PROBLEM REQUIREMENTS = In the entries below, every line with the string "four" is to be reported.

Collected data =
============

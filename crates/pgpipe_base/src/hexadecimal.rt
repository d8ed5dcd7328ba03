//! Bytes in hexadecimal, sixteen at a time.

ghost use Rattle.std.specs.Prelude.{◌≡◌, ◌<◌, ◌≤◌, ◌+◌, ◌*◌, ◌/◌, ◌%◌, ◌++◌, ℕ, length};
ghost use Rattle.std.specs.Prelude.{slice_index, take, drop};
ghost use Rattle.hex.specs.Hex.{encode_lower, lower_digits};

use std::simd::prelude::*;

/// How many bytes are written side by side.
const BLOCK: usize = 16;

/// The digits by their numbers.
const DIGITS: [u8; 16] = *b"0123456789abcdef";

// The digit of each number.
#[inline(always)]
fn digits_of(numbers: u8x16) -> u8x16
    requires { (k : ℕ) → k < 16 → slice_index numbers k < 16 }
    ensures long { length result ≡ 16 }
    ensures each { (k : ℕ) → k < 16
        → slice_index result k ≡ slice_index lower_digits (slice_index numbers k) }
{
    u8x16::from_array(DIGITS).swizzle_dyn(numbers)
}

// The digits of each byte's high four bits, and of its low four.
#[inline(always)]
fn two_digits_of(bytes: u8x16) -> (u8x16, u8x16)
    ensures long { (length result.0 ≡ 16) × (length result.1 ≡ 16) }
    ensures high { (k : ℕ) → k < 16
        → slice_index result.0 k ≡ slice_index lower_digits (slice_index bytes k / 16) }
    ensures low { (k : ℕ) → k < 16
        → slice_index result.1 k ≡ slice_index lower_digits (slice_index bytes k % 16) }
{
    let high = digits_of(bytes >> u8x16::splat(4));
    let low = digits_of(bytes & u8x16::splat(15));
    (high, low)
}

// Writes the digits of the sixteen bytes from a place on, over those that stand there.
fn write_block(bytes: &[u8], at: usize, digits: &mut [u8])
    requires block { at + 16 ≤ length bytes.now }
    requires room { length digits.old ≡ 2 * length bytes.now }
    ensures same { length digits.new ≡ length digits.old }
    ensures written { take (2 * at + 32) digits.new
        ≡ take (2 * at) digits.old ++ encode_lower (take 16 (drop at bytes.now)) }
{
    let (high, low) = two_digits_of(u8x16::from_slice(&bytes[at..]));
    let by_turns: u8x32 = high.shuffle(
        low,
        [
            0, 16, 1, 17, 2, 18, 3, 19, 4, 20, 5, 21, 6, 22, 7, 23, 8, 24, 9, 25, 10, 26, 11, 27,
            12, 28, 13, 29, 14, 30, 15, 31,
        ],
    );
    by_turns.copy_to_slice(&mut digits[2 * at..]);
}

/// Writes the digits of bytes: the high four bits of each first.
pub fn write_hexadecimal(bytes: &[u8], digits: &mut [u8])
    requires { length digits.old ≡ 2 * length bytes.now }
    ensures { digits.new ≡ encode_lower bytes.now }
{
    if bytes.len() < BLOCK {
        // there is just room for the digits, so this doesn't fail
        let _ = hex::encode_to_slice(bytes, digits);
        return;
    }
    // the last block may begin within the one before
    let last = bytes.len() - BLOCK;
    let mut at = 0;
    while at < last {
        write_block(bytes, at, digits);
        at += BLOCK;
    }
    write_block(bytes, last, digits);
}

============

ANSWER BOX =
// The digits of each byte's high four bits, and of its low four.
/// Writes the digits of bytes: the high four bits of each first.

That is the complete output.